食べ物 栄養 効能
     
栄養素 働き

ミネラルの種類と働き

体の機能を調節したり維持したりするのに欠かせない微量栄養素で、単一の元素からなる成分の総称です。適量の幅が狭いため、摂取に注意が必要な成分もあります。

欠乏症がある必須ミネラル16種類

栄養学でいうミネラルとは、炭素、水素、酸素、窒素の主要元素以外のものを指します。体内では合成できないため、ミネラルは食品からとらなければなりません。現在、欠乏症が認められている必須ミネラルは下表の16種類です。  ミネラルには、骨や歯など体の構成成分になる、体液のバランスを調節する、酵素の成分になる、神経や筋肉の働きを調整するなどの働きがあります。  日本人の場合は、カルシウムや亜鉛の不足、ナトリウムやリンの過剰という傾向があります。
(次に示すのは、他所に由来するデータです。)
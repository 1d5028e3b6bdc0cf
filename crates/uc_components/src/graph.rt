//! A graph of numbers.
ghost use Rattle.std.specs.Prelude.{◌≡◌, ◌<◌, ℕ, true, false, length, slice_index};
ghost use Rattle.uc_base.specs.Graph.{row, Edge, InRange};

use std::marker::Model;

/// A graph: the vertices are the numbers of the rows, and each row holds the vertices to which its vertex refers, in any order and as often as it likes.
#[derive(Drop)]
pub struct Graph {
    pub edges: Vec<Vec<u32>>,
}

impl Model for Graph {
    ghost use Rattle.std.specs.Prelude.{ℕ, List, map};

    ghost Value = { List (List ℕ) };

    ghost view = { λ graph. map (λ row. row.items) graph.edges.items };
}

impl Graph {
    /// The count of vertices.
    pub fn len(&self) -> usize
        ensures { result ≡ length self.now }
    {
        self.edges.len()
    }

    /// The count of a vertex's references.
    pub fn degree(&self, vertex: usize) -> usize
        requires { vertex < length self.now }
        ensures { result ≡ length (row self.now vertex) }
    {
        self.edges[vertex].len()
    }

    /// One of a vertex's references.
    pub fn reference(&self, vertex: usize, at: usize) -> usize
        requires vertex { vertex < length self.now }
        requires at { at < length (row self.now vertex) }
        ensures { result ≡ slice_index (row self.now vertex) at }
    {
        self.edges[vertex][at] as usize
    }

    fn is_row_in_range(&self, vertex: usize) -> bool
        requires { vertex < length self.now }
        ensures yes { result ≡ true → (v : ℕ) → Edge self.now vertex v → v < length self.now }
        ensures no { result ≡ false → InRange self.now → ⊥ }
    {
        for at in 0..self.degree(vertex) {
            if self.reference(vertex, at) >= self.len() {
                return false;
            }
        }
        true
    }

    /// Whether each reference is to a vertex.
    pub fn is_in_range(&self) -> bool
        ensures yes { result ≡ true → InRange self.now }
        ensures no { result ≡ false → InRange self.now → ⊥ }
    {
        for vertex in 0..self.len() {
            if !self.is_row_in_range(vertex) {
                return false;
            }
        }
        true
    }
}
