//! Existentials solved.
ghost use Rattle.std.specs.Prelude.{◌≡◌, ◌+◌, ◌≤◌, ◌<◌, ◌^◌, ℕ, true, false, ◌∷◌, ◌++◌, [], length, map, slice_set, IsOk, IsTrue, IfOk, OnOk, IfErr, OnErr, vec_len};
ghost use Rattle.std.specs.List.{list_any, splice};
ghost use Rattle.uc_base.specs.declared.fault.Fault.TheVariants.{Memory};
ghost use Rattle.uc_context.specs.Contexts.{AreDeclaredBefore};
ghost use Rattle.uc_context.specs.Entries.{is_numbered, is_variable, is_unsolved};
ghost use Rattle.uc_context.specs.Fresh.{fresh_number, fresh_numbers, AreNew};
ghost use Rattle.uc_context.specs.Looking.{HasAt};
ghost use Rattle.uc_context.specs.Opens.{existential, opens_of};
ghost use Rattle.uc_context.specs.Solving.{solved, solved_with, solved_with_arrow, solved_with_data, solved_with_tuple};
ghost use Rattle.uc_context.specs.Variables.{declares_all};
ghost use Rattle.uc_context.specs.declared.entry.Entry.TheVariants as entry;

use crate::context::Context;
use crate::entry::Entry;
use crate::open::Open;
use std::alloc::{AllocError, Global};
use uc_base::Fault;
use uc_tree::Target;

fn set_entry(entries: &mut Vec<Entry>, at: usize, e: Entry)
    requires { at < vec_len entries.old }
    ensures { entries.new.items ≡ slice_set entries.old.items at e }
{
    entries[at] = e;
}

/// New existentials with these numbers.
fn new_existentials(alloc: Global, numbers: &[u64]) -> Result<Vec<Entry>, AllocError>
    ensures { IfOk result (λ es. es.items ≡ map (λ n. entry.Exists n) numbers.now) }
{
    let mut new = Vec::new(alloc);
    for n in numbers {
        new.push(Entry::Exists(*n))?;
    }
    Ok(new)
}

/// These existentials as types.
fn existentials(alloc: Global, numbers: &[u64]) -> Result<Vec<Open>, AllocError>
    ensures { IfOk result (λ ts. ts.items ≡ map (λ n. existential n) numbers.now) }
{
    let mut types = Vec::new(alloc);
    for n in numbers {
        types.push(Open::existential(*n))?;
    }
    Ok(types)
}

/// Puts entries in place of one.
fn exchange(entries: &mut Vec<Entry>, place: usize, new: Vec<Entry>) -> Result<(), AllocError>
    requires { place < vec_len entries.old }
    ensures ok { OnOk result (entries.new.items ≡ splice entries.old.items place (place + 1) new.items) }
    ensures err { OnErr result (entries.new.items ≡ entries.old.items) }
{
    let _ = entries.splice(place..place + 1, new)?;
    Ok(())
}

impl Context {
    /// The place of an existential that isn't solved.
    fn place_of_unsolved(&self, which: u64) -> usize
        requires { IsTrue (list_any (is_unsolved which) self.now) }
        ensures { HasAt (is_variable which) self.now result (entry.Exists which) }
    {
        match self.standing(which) {
            Some((place, _)) => place,
            None => unreachable!(),
        }
    }

    /// Solves an existential.
    pub fn solve(&mut self, which: u64, with: Open) -> Result<(), Fault>
        requires unsolved { IsTrue (list_any (is_unsolved which) self.old) }
        requires declared { AreDeclaredBefore self.old with which }
        // It takes no memory.
        ensures succeeds { IsOk result }
        ensures solved { self.new ≡ solved self.old which with }
    {
        let place = self.place_of_unsolved(which);
        set_entry(&mut self.entries, place, Entry::Solved(which, with));
        Ok(())
    }

    /// So many numbers that no entry has, the least ones.
    fn fresh_numbers(&self, alloc: Global, count: u32) -> Result<Vec<u64>, AllocError>
        ensures { IfOk result (λ numbers. numbers.items ≡ fresh_numbers count self.now) }
    {
        let mut numbers = Vec::new(alloc);
        let mut next = self.fresh();
        while numbers.len() < count as usize {
            let number = self.index.numbers.next_unused(next);
            numbers.push(number)?;
            next = number + 1;
        }
        Ok(numbers)
    }

    /// The number that is fresh once a fresh one is taken.
    fn next_fresh(&self, taken: u64) -> u64
        requires { taken ≡ fresh_number self.now }
        ensures { taken ∷ result ∷ [] ≡ fresh_numbers 2 self.now }
    {
        self.index.numbers.next_unused(taken + 1)
    }

    /// Solves an existential by a type of new ones, which come to stand before it.
    fn solve_with(
        &mut self,
        alloc: Global,
        which: u64,
        numbers: &[u64],
        with: Open,
    ) -> Result<(), AllocError>
        requires unsolved { IsTrue (list_any (is_unsolved which) self.old) }
        requires new { AreNew numbers.now self.old }
        requires declared { IsTrue (declares_all (map (λ n. entry.Exists n) numbers.now) with) }
        ensures ok { OnOk result (self.new ≡ solved_with self.old which numbers.now with) }
        ensures err { OnErr result (self.new ≡ self.old) }
    {
        let place = self.place_of_unsolved(which);
        let mut new = new_existentials(alloc, numbers)?;
        new.push(Entry::Solved(which, with))?;
        self.index.make_room_for_all(numbers)?;
        exchange(&mut self.entries, place, new)?;
        self.index.exchange(&self.entries, place, numbers);
        Ok(())
    }

    /// Solves an existential by an arrow. Answers the new existentials of the argument and the result, of
    /// which that of the result stands first.
    pub fn solve_with_arrow(&mut self, alloc: Global, which: u64) -> Result<(u64, u64), Fault>
        requires { IsTrue (list_any (is_unsolved which) self.old) }
        ensures numbers { IfOk result (λ pair. pair.0 ∷ pair.1 ∷ [] ≡ fresh_numbers 2 self.old) }
        ensures ok { IfOk result (λ pair. self.new ≡ solved_with_arrow self.old which pair.0 pair.1) }
        ensures err { IfErr result (λ fault. fault ≡ Memory) }
        ensures kept { OnErr result (self.new ≡ self.old) }
    {
        let from = self.fresh();
        let to = self.next_fresh(from);
        let with = Open::arrow(alloc, Open::existential(from), Open::existential(to))?;
        self.solve_with(alloc, which, &[to, from], with)?;
        Ok((from, to))
    }

    /// Solves an existential by a declared type at so many new ones, which stand in their order.
    pub fn solve_with_data(
        &mut self,
        alloc: Global,
        head: &Target,
        count: u32,
        which: u64,
    ) -> Result<Vec<u64>, Fault>
        requires { IsTrue (list_any (is_unsolved which) self.old) }
        ensures numbers { IfOk result (λ numbers. numbers.items ≡ fresh_numbers count self.old) }
        ensures ok { IfOk result (λ numbers. self.new ≡ solved_with_data self.old which head.now numbers.items) }
        ensures err { IfErr result (λ fault. fault ≡ Memory) }
        ensures kept { OnErr result (self.new ≡ self.old) }
    {
        let numbers = self.fresh_numbers(alloc, count)?;
        let with = Open::data(*head, existentials(alloc, &numbers)?);
        self.solve_with(alloc, which, &numbers, with)?;
        Ok(numbers)
    }

    /// Solves an existential by a tuple of so many new ones, which stand in their order.
    pub fn solve_with_tuple(
        &mut self,
        alloc: Global,
        count: u32,
        which: u64,
    ) -> Result<Vec<u64>, Fault>
        requires { IsTrue (list_any (is_unsolved which) self.old) }
        ensures numbers { IfOk result (λ numbers. numbers.items ≡ fresh_numbers count self.old) }
        ensures ok { IfOk result (λ numbers. self.new ≡ solved_with_tuple self.old which numbers.items) }
        ensures err { IfErr result (λ fault. fault ≡ Memory) }
        ensures kept { OnErr result (self.new ≡ self.old) }
    {
        let numbers = self.fresh_numbers(alloc, count)?;
        let with = Open::tuple(existentials(alloc, &numbers)?);
        self.solve_with(alloc, which, &numbers, with)?;
        Ok(numbers)
    }
}
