//! Whether two types are the same.
ghost use Rattle.std.specs.Prelude.{◌≡◌, ◌↔◌, IsTrue};
ghost use Rattle.uc_context.specs.Opens.{opens_of};

use crate::open::{Open, OpenNode};

#[cycle(same_open)]
#[tactic(auto, using(crate::proofs::Sizes::parts))]
pub fn same_open(t: &Open, u: &Open) -> bool
    ensures { IsTrue result ↔ (t.now ≡ u.now) }
{
    match (&t.node, &u.node) {
        (OpenNode::Bound(m), OpenNode::Bound(n)) => *m == *n,
        (OpenNode::Rigid(m), OpenNode::Rigid(n)) => *m == *n,
        (OpenNode::Exists(m), OpenNode::Exists(n)) => *m == *n,
        (OpenNode::Forall(a), OpenNode::Forall(b)) => same_open(a, b),
        (OpenNode::Arrow(a, b), OpenNode::Arrow(c, d)) => same_open(a, c) && same_open(b, d),
        (OpenNode::Unit, OpenNode::Unit) => true,
        (OpenNode::Tuple(ts), OpenNode::Tuple(us)) => same_opens(ts, us),
        (OpenNode::Data(x, ts), OpenNode::Data(y, us)) => *x == *y && same_opens(ts, us),
        _ => false,
    }
}

#[cycle(same_open)]
#[tactic(auto, using(crate::proofs::Sizes::parts))]
fn same_opens(ts: &[Open], us: &[Open]) -> bool
    ensures { IsTrue result ↔ (opens_of ts.now ≡ opens_of us.now) }
{
    if ts.len() != us.len() {
        return false;
    }
    for i in 0..ts.len() {
        if !same_open(&ts[i], &us[i]) {
            return false;
        }
    }
    true
}

impl PartialEq for Open {
    ghost use Rattle.std.specs.Cmp.{partial_equiv_from_equiv};
    ghost use Rattle.uc_context.specs.OpenCodes.{coded_open};
    ghost use Rattle.uc_tree.specs.Same.{same_code, same_code_equiv};

    ghost eq = { same_code coded_open };

    ghost laws = { partial_equiv_from_equiv (same_code_equiv coded_open) };

    fn eq(&self, other: &Open) -> bool {
        same_open(self, other)
    }
}

impl Eq for Open {
    ghost use Rattle.uc_context.specs.OpenCodes.{coded_open};
    ghost use Rattle.uc_tree.specs.Same.{same_code_equiv};

    ghost laws = { same_code_equiv coded_open };
}
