//! The search for components: a walk down one path, which keeps apart the parts that reach each other.
ghost use Rattle.std.specs.Prelude.{◌≡◌, ℕ, length, ◌<◌, ◌≤◌, ◌-◌, IfOk, slice_index};
ghost use Rattle.uc_components.specs.Searched.{state_of, entered, counted, Good};

use crate::graph::Graph;
use std::alloc::{AllocError, Global};

#[derive(Drop)]
pub struct Search {
    pub seen: Vec<bool>,
    pub closed: Vec<bool>,
    pub index: Vec<usize>,
    pub home: Vec<usize>,
    pub opened: Vec<usize>,
    pub bounds: Vec<usize>,
    pub path: Vec<usize>,
    pub nexts: Vec<usize>,
    pub heads: Vec<usize>,
}

fn enter(search: &mut Search, vertex: usize) -> Result<(), AllocError>
    requires seen { vertex < length search.old.seen.items }
    requires index { vertex < length search.old.index.items }
    ensures { IfOk result (λ _. state_of search.new ≡ entered (state_of search.old) vertex) }
{
    let at = search.opened.len();
    search.opened.push(vertex)?;
    search.bounds.push(at)?;
    search.path.push(at)?;
    search.nexts.push(0)?;
    search.seen[vertex] = true;
    search.index[vertex] = at;
    Ok(())
}

ghost use Rattle.std.specs.Prelude.{List, ◌+◌, ◌++◌, true, false};
ghost use Rattle.uc_base.specs.Graph.{InRange};
ghost use Rattle.uc_components.specs.Searched.{Looking, Looked, Merging, Leaving, Closes, shut, flag, target};

// Makes one part of those that a reference to an open vertex closes into a cycle.
fn merge(search: &mut Search, _graph: &Graph, _top: usize, low: usize)
    requires merging { Merging _graph.now (state_of search.old) _top }
    requires low { low ≡ slice_index search.old.index.items (target _graph.now (state_of search.old) _top) }
    ensures looked { Looked _graph.now (state_of search.new) _top }
    ensures seen { search.new.seen ≡ search.old.seen }
{
    while search.bounds[search.bounds.len() - 1] > low {
        search.bounds.pop();
    }
}

// Looks at the reference at hand of the path's top.
fn look(search: &mut Search, graph: &Graph, top: usize) -> Result<(), AllocError>
    requires range { InRange graph.now }
    requires looking { Looking graph.now (state_of search.old) top }
    ensures looked { IfOk result (λ _. Looked graph.now (state_of search.new) top) }
    ensures grows { IfOk result (λ _. Grows (state_of search.old) (state_of search.new)) }
{
    let target = graph.reference(search.opened[search.path[top]], search.nexts[top]);
    if !search.seen[target] {
        return enter(search, target);
    }
    if search.closed[target] {
        return Ok(());
    }
    let low = search.index[target];
    merge(search, graph, top, low);
    Ok(())
}

fn count(search: &mut Search, graph: &Graph, top: usize)
    requires { Looked graph.now (state_of search.old) top }
    ensures good { Good graph.now (state_of search.new) }
    ensures seen { search.new.seen ≡ search.old.seen }
{
    let _degree = graph.degree(search.opened[search.path[top]]);
    search.nexts[top] += 1;
}

// Closes the vertices from a place on as a component.
fn close(search: &mut Search, from: usize) -> Result<(), AllocError>
    requires from { from < length search.old.opened.items }
    requires closed { (i : ℕ) → i < length search.old.opened.items → slice_index search.old.opened.items i < length search.old.closed.items }
    requires home { (i : ℕ) → i < length search.old.opened.items → slice_index search.old.opened.items i < length search.old.home.items }
    ensures { IfOk result (λ _. Closes (state_of search.old) from (length search.old.opened.items) (length search.old.heads.items) search.new.closed.items search.new.home.items × (state_of search.new ≡ shut (state_of search.old) from search.new.closed.items search.new.home.items)) }
{
    let number = search.heads.len();
    let first = search.opened[from];
    close_each(search, from, number);
    search.heads.push(first)?;
    search.opened.truncate(from);
    search.bounds.pop();
    search.path.pop();
    search.nexts.pop();
    Ok(())
}

fn close_each(search: &mut Search, from: usize, number: usize)
    requires from { from < length search.old.opened.items }
    requires closed { (i : ℕ) → i < length search.old.opened.items → slice_index search.old.opened.items i < length search.old.closed.items }
    requires home { (i : ℕ) → i < length search.old.opened.items → slice_index search.old.opened.items i < length search.old.home.items }
    ensures closes { Closes (state_of search.old) from (length search.old.opened.items) number search.new.closed.items search.new.home.items }
    ensures state { search.new ≡ record search.old { closed = search.new.closed; home = search.new.home } }
{
    for i in from..search.opened.len() {
        let vertex = search.opened[i];
        search.closed[vertex] = true;
        search.home[vertex] = number;
    }
}

fn leave(search: &mut Search, graph: &Graph, top: usize) -> Result<(), AllocError>
    requires { Leaving graph.now (state_of search.old) top }
    ensures good { IfOk result (λ _. Good graph.now (state_of search.new)) }
    ensures grows { IfOk result (λ _. Grows (state_of search.old) (state_of search.new)) }
{
    let _degree = graph.degree(search.opened[search.path[top]]);
    let from = search.path[top];
    if search.bounds[search.bounds.len() - 1] == from {
        return close(search, from);
    }
    search.path.pop();
    search.nexts.pop();
    Ok(())
}

fn step(search: &mut Search, graph: &Graph) -> Result<(), AllocError>
    requires range { InRange graph.now }
    requires good { Good graph.now (state_of search.old) }
    requires path { 0 < length search.old.path.items }
    ensures good { IfOk result (λ _. Good graph.now (state_of search.new)) }
    ensures grows { IfOk result (λ _. Grows (state_of search.old) (state_of search.new)) }
{
    let top = search.path.len() - 1;
    if search.nexts[top] < graph.degree(search.opened[search.path[top]]) {
        look(search, graph, top)?;
        count(search, graph, top);
        Ok(())
    } else {
        leave(search, graph, top)
    }
}

ghost use Rattle.uc_components.specs.Searched.{IsSearched, Grows};

fn prepared(alloc: Global, graph: &Graph) -> Result<Search, AllocError>
    ensures good { IfOk result (λ s. Good graph.now (state_of s)) }
    ensures path { IfOk result (λ s. length s.path.items ≡ 0) }
{
    let count = graph.len();
    let seen = vec![in alloc; false; count]?;
    let closed = vec![in alloc; false; count]?;
    let index = vec![in alloc; 0; count]?;
    let home = vec![in alloc; 0; count]?;
    Ok(Search {
        seen,
        closed,
        index,
        home,
        opened: Vec::new(alloc),
        bounds: Vec::new(alloc),
        path: Vec::new(alloc),
        nexts: Vec::new(alloc),
        heads: Vec::new(alloc),
    })
}

// Walks until the path is left.
fn walk(search: &mut Search, graph: &Graph) -> Result<(), AllocError>
    requires range { InRange graph.now }
    requires good { Good graph.now (state_of search.old) }
    ensures good { IfOk result (λ _. Good graph.now (state_of search.new)) }
    ensures path { IfOk result (λ _. length search.new.path.items ≡ 0) }
    ensures grows { IfOk result (λ _. Grows (state_of search.old) (state_of search.new)) }
{
    for _ in 0..u64::MAX {
        if search.path.len() == 0 {
            return Ok(());
        }
        step(search, graph)?;
    }
    Err(AllocError)
}

// Meets a vertex that is new.
fn begin(search: &mut Search, _graph: &Graph, vertex: usize) -> Result<(), AllocError>
    requires vertex { vertex < length _graph.now }
    requires good { Good _graph.now (state_of search.old) }
    requires path { length search.old.path.items ≡ 0 }
    requires new { flag search.old.seen.items vertex ≡ false }
    ensures { IfOk result (λ _. Good _graph.now (state_of search.new) × Grows (state_of search.old) (state_of search.new) × (flag search.new.seen.items vertex ≡ true)) }
{
    enter(search, vertex)
}

// Closes a vertex, and all that it reaches.
fn visit(search: &mut Search, graph: &Graph, vertex: usize) -> Result<(), AllocError>
    requires range { InRange graph.now }
    requires vertex { vertex < length graph.now }
    requires good { Good graph.now (state_of search.old) }
    requires path { length search.old.path.items ≡ 0 }
    ensures good { IfOk result (λ _. Good graph.now (state_of search.new)) }
    ensures path { IfOk result (λ _. length search.new.path.items ≡ 0) }
    ensures grows { IfOk result (λ _. Grows (state_of search.old) (state_of search.new)) }
    ensures seen { IfOk result (λ _. flag search.new.seen.items vertex ≡ true) }
{
    if !search.seen[vertex] {
        begin(search, graph, vertex)?;
        walk(search, graph)?;
    }
    Ok(())
}

fn searched(alloc: Global, graph: &Graph) -> Result<Search, AllocError>
    requires { InRange graph.now }
    ensures { IfOk result (λ s. IsSearched graph.now (state_of s)) }
{
    let mut search = prepared(alloc, graph)?;
    for vertex in 0..graph.len() {
        visit(&mut search, graph, vertex)?;
    }
    Ok(search)
}

ghost use Rattle.uc_components.specs.Searched.{IsHome};

// A number for each vertex: one number for the members of a component.
#[derive(Drop)]
pub struct Homes {
    pub home: Vec<usize>,
    pub count: usize,
}

// The components, numbered so that no reference leads to a greater number.
pub fn find_homes(alloc: Global, graph: &Graph) -> Result<Homes, AllocError>
    requires { InRange graph.now }
    ensures { IfOk result (λ h. IsHome graph.now h.home.items h.count) }
{
    let search = searched(alloc, graph)?;
    let count = search.heads.len();
    Ok(Homes {
        home: search.home,
        count,
    })
}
ミネラルのバランスがよくないと、生活習慣病を引き起こす原因にもなるので、過不足なくとる必要があります。

必須ミネラルの特徴と働き

ナトリウム(Na)
カリウムとバランスをとって体液の量を調節します。筋肉の興奮を抑えます。
カリウム(K)
ナトリウムとバランスをとって体液の量を調節。心臓の機能を調整します。
カルシウム(Ca)
骨や歯の主成分となり、神経の興奮を鎮めます。日本人は不足がちです。
マグネシウム(Mg)
骨や歯などを形成し、神経を鎮めます。多くの酵素の働きを活性化します。
りん(P)
カルシウムとともに骨や歯を形成します。リン脂質や核酸などの成分に。
鉄(Fe)
赤血球のヘモグロビンの成分で、酸素を全身の細胞に運ぶ働きがあります。
塩素(Cl)
胃酸の成分として消化に大きくかかわります。殺菌作用があります。
イオウ(S)
髪や爪、皮膚に多く存在し、解毒作用や酵素の活性作用もあります。
亜鉛(Zn)
遺伝子やたんぱく質の合成にかかわって、細胞の新生を促し酵素の材料に。
銅(Cu)
赤血球のヘモグロビンを合成するときに鉄の利用を促します。
セレン(Se)
抗酸化作用やがん予防が認められており、現在注目されている成分です。
ヨウ素(I)
甲状腺ホルモンの材科になって発育を促し、基礎代謝を活発にします。
クロム(Cr)
糖質や脂質の代謝にかかわる成分です。インスリンを活性化します。
マンガン(Mn)
骨の形成を促し、酵素の働きを助けて糖質や脂質の代謝にかかわります。
モリブデン(Mo)
尿酸をつくる酵素の働きを助けます。成長を促す働きもあります。
コバルト(Co)
赤血球の色素生成にかかわるため、造血に不可欠な成分です。